Mr Shehu made reference to the recent Boko Haram attack in Auno where over 30 travellers were killed by Boko Haram after their vehicles were stopped from entering Maiduguri after 5:00 p.m by soldiers.

PREMIUM TIMES reported how the Borno State Governor, Babagana Zulum, blamed the military for the attack.

“We have made repeated plea to the military to re-establish a base in Auno since it is one of the flashpoints of the Boko Haram, but nothing has been done to that effect,” the governor said.

On Wednesday, the president was accompanied by the defence minister, the National Security Adviser, the governors of Imo and Cross River states, Hope Uzodimma and Ben Ayade, and other federal government officials.

Mr Buhari was immediately driven into Maiduguri town amidst tight security mounted by the army and the police.

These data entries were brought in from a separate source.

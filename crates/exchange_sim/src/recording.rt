//! What a link in memory tells of itself.

ghost use Rattle.std.specs.Prelude.{◌≡◌, ◌+◌, min, [], MatchResult};
ghost use Rattle.link.specs.Counts.{Rises};
ghost use Rattle.link.specs.Traffic.{Dials, Takes, GivesBytes, Stays};

use crate::recorded::Recorded;
use link::LinkFault;
use std::alloc::Global;
use std::collections::VecDeque;
use std::marker::Model;

/// The bytes that went over each connection of a link, and how many of its calls failed.
#[derive(Drop)]
pub struct Recording {
    alloc: Global,
    // The connection dialled last, and those before it, the later ones first.
    last: Option<Recorded>,
    earlier: VecDeque<Recorded>,
    faults: u64,
}

impl Model for Recording {
    ghost use Rattle.std.specs.Prelude.{◌++◌, option_to_list};
    ghost use Rattle.exchange_sim.specs.Recording.{RecordingParts};

    ghost Value = { RecordingParts };

    ghost view = { λ recording. record {
      traffic = option_to_list recording.last ++ recording.earlier.items;
      faults = recording.faults;
    } };
}

impl Recording {
    /// Nothing was dialled yet, and nothing failed. It takes no memory.
    pub fn new(alloc: Global) -> Recording
        ensures { result ≡ record { traffic = []; faults = 0 } }
    {
        Recording {
            alloc,
            last: None,
            earlier: VecDeque::new(alloc),
            faults: 0,
        }
    }

    /// A call failed.
    pub fn fault(&mut self) -> LinkFault
        ensures traffic { self.new.traffic ≡ self.old.traffic }
        ensures faults { self.new.faults ≡ min (self.old.faults + 1) 18446744073709551615 }
    {
        LinkFault::counted(&mut self.faults)
    }

    /// A new connection was dialled. It fails only for lack of memory.
    pub fn dialled(&mut self) -> Result<(), LinkFault>
        ensures traffic { MatchResult result (λ _. Dials self.old.traffic self.new.traffic)
            (λ _. Stays self.old.traffic self.new.traffic) }
        ensures faults { Rises result self.old.faults self.new.faults }
    {
        let Some(last) = self.last.take() else {
            self.last = Some(Recorded::new(self.alloc));
            return Ok(());
        };
        match self.earlier.push_front(last) {
            Ok(()) => {
                self.last = Some(Recorded::new(self.alloc));
                Ok(())
            }
            Err(refused) => {
                self.last = Some(refused.value);
                Err(LinkFault::counted(&mut self.faults))
            }
        }
    }

    /// A write took these bytes. It fails where nothing was dialled yet, and for lack of memory.
    pub fn wrote(&mut self, bytes: &[u8]) -> Result<(), LinkFault>
        ensures traffic { MatchResult result (λ _. Takes bytes.now self.old.traffic self.new.traffic)
            (λ _. Stays self.old.traffic self.new.traffic) }
        ensures faults { Rises result self.old.faults self.new.faults }
    {
        let Some(last) = &mut self.last else {
            return Err(LinkFault::counted(&mut self.faults));
        };
        match last.wrote(bytes) {
            Ok(()) => Ok(()),
            Err(_) => Err(LinkFault::counted(&mut self.faults)),
        }
    }

    /// A read gave these bytes. It fails where nothing was dialled yet, and for lack of memory.
    pub fn gave(&mut self, bytes: &[u8]) -> Result<(), LinkFault>
        ensures traffic { MatchResult result (λ _. GivesBytes bytes.now self.old.traffic self.new.traffic)
            (λ _. Stays self.old.traffic self.new.traffic) }
        ensures faults { Rises result self.old.faults self.new.faults }
    {
        let Some(last) = &mut self.last else {
            return Err(LinkFault::counted(&mut self.faults));
        };
        match last.gave(bytes) {
            Ok(()) => Ok(()),
            Err(_) => Err(LinkFault::counted(&mut self.faults)),
        }
    }

    /// How many calls failed, up to the greatest number of its type.
    pub fn faults(&self) -> u64
        ensures { result ≡ self.now.faults }
    {
        self.faults
    }
}
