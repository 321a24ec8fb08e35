//! A port on which a simulated exchange listens.

use link::{Bell, Poller};
use mio::net::{TcpListener, TcpStream};
use std::alloc::Global;
use std::io;
use std::net::{Net, SocketAddr};
use std::sync::Arc;
use std::time::Duration;

/// How many milliseconds a turn waits at most for a client or its bytes, unless another time is asked for.
const TURN_MILLIS: u64 = 10;

/// A port of this machine on which a simulated exchange listens, and what it waits with.
#[derive(Drop)]
pub struct Port {
    listener: TcpListener,
    poller: Poller,
    turn: Duration,
}

impl Port {
    /// A free port of the loopback address. Refused where the system gives none, or memory is refused.
    pub fn open(net: &impl Net, alloc: Global) -> io::Result<Port> {
        let mut listener = TcpListener::bind(net, SocketAddr::from(([127, 0, 0, 1], 0)))?;
        let mut poller = Poller::new(net, alloc)?;
        poller.watch(&mut listener)?;
        Ok(Port {
            listener,
            poller,
            turn: Duration::from_millis(TURN_MILLIS),
        })
    }

    /// From now on a turn waits so long at most.
    pub fn wait_for(&mut self, turn: Duration) {
        self.turn = turn;
    }

    /// The bell that ends a turn's wait.
    pub fn bell(&self) -> io::Result<Arc<Bell, Global>> {
        self.poller.bell()
    }

    /// The address that clients dial.
    pub fn addr(&self) -> io::Result<SocketAddr> {
        self.listener.local_addr()
    }

    /// Waits for a turn at most, until a client or bytes of one come, or the bell is rung.
    pub(crate) fn rest(&mut self) {
        self.poller.sleep(self.turn);
    }

    /// The next client. Where none is there it waits for a turn.
    pub(crate) fn next_client(&mut self) -> Option<TcpStream> {
        match self.accept() {
            Ok(stream) => Some(stream),
            Err(_) => {
                self.rest();
                None
            }
        }
    }

    /// A client that waits to be accepted. Its bytes end a wait from now on.
    fn accept(&mut self) -> io::Result<TcpStream> {
        let (mut stream, _) = self.listener.accept()?;
        stream.set_nodelay(true)?;
        self.poller.watch(&mut stream)?;
        Ok(stream)
    }
}
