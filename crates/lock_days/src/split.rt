//! A seat that is split until each seat has one part.

use exec_collector::Accounts;
use release_lock::{CallerSeat, Miscounted, Run, check_placed};
use std::alloc::Global;
use std::sync::Wait;
use trial::{Floor, Trial, TrialFault, on_floor, seats_of};

/// How many seats there may be.
const MOST_SEATS: u64 = 1_024;

/// Whether one of these seats has more than one part.
fn is_any_split<L: Run>(seats: &mut Vec<CallerSeat<L>>) -> bool {
    for seat in seats.iter_mut() {
        if seat.split().is_some() {
            return true;
        }
    }
    false
}

/// A seat is split into as many as there may be.
#[derive(Drop)]
struct Split {
    alloc: Global,
}

impl<R: Wait> Trial<R> for Split {
    /// What all seats count.
    type End = Result<Result<u64, Miscounted>, TrialFault>;

    fn run<L: Run, M: Accounts>(
        self,
        rt: &R,
        floor: Floor<L, M>,
    ) -> Result<Result<u64, Miscounted>, TrialFault> {
        let Floor { lock, seat, .. } = floor;
        let mut seats = seats_of(self.alloc, seat, MOST_SEATS)?;
        if is_any_split(&mut seats) {
            return Err(TrialFault::Refused);
        }
        Ok(check_placed(&mut lock.into_locked(), seats))
    }
}

/// What 1,024 seats of one part each count, where none can be split any more.
pub fn split_seats(rt: &impl Wait, alloc: Global) -> Result<Result<u64, Miscounted>, TrialFault> {
    on_floor(rt, alloc, 1, Split { alloc })?
}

During the visit, Mr Buhari told the Maiduguri residents that his government was committed to improving the security in Borno State.

“I assure you that improvement in security will be pursued vigorously,” Mr Buhari was quoted as saying by Garba Shehu.

Read Mr Shehu’s full statement below.

More proactive and decisive measures are to be taken by the Federal Government to put an end to the Boko Haram menace in the country once and for all.

President Muhammadu Buhari who gave the assurance in Maiduguri during a sympathy visit however maintained that intelligence sharing and synergy between law enforcement agencies and the civil populace are critical towards achieving the objectives.

“I assure you that improvement in security will be pursued vigorously. The military will work harder and strategise with tactics to deal with the insurgents. This is however not possible without good intelligence and cooperation with local community leaders.

“Boko Haram cannot come up to Maiduguri or environs without the local leadership knowing because traditionally, the local leadership is in charge of security in their own respective areas.

“I want to call on the leadership at various levels to cooperate with law enforcement agencies and let us deny Boko Haram access to our loyal citizens,” the President said.

“We will do our best and I hope history will be kind to us; to recall what was on the ground when we came and what will be on the ground when we leave,” he added.

President Buhari, who was at the palace of the Shehu of Borno, His Royal Highness Abubakar Ibn Umar Gabai, accompanied by the state Governor, Babagana Umara Zulum, sympathised with him and other victims of the attack, prayed for the repose of the soul of the victims.

In his remarks, Governor Zulum thanked the President for identifying with the state in these trying times. He praised the efforts of the military so far, wondering why some people would be comparing the security situation now with what obtained before the Buhari administration came on board:
“Roads were closed, there were sporadic bombings everywhere even within the metropolis. Close to 20 local government areas were under Boko Haram. We are surprised that there seems to be resurgence in 2019.”

He tasked the military to borrow from their successes especially between 2015 and 2017, take the battle to the insurgents and push them to the fringes of Lake Chad.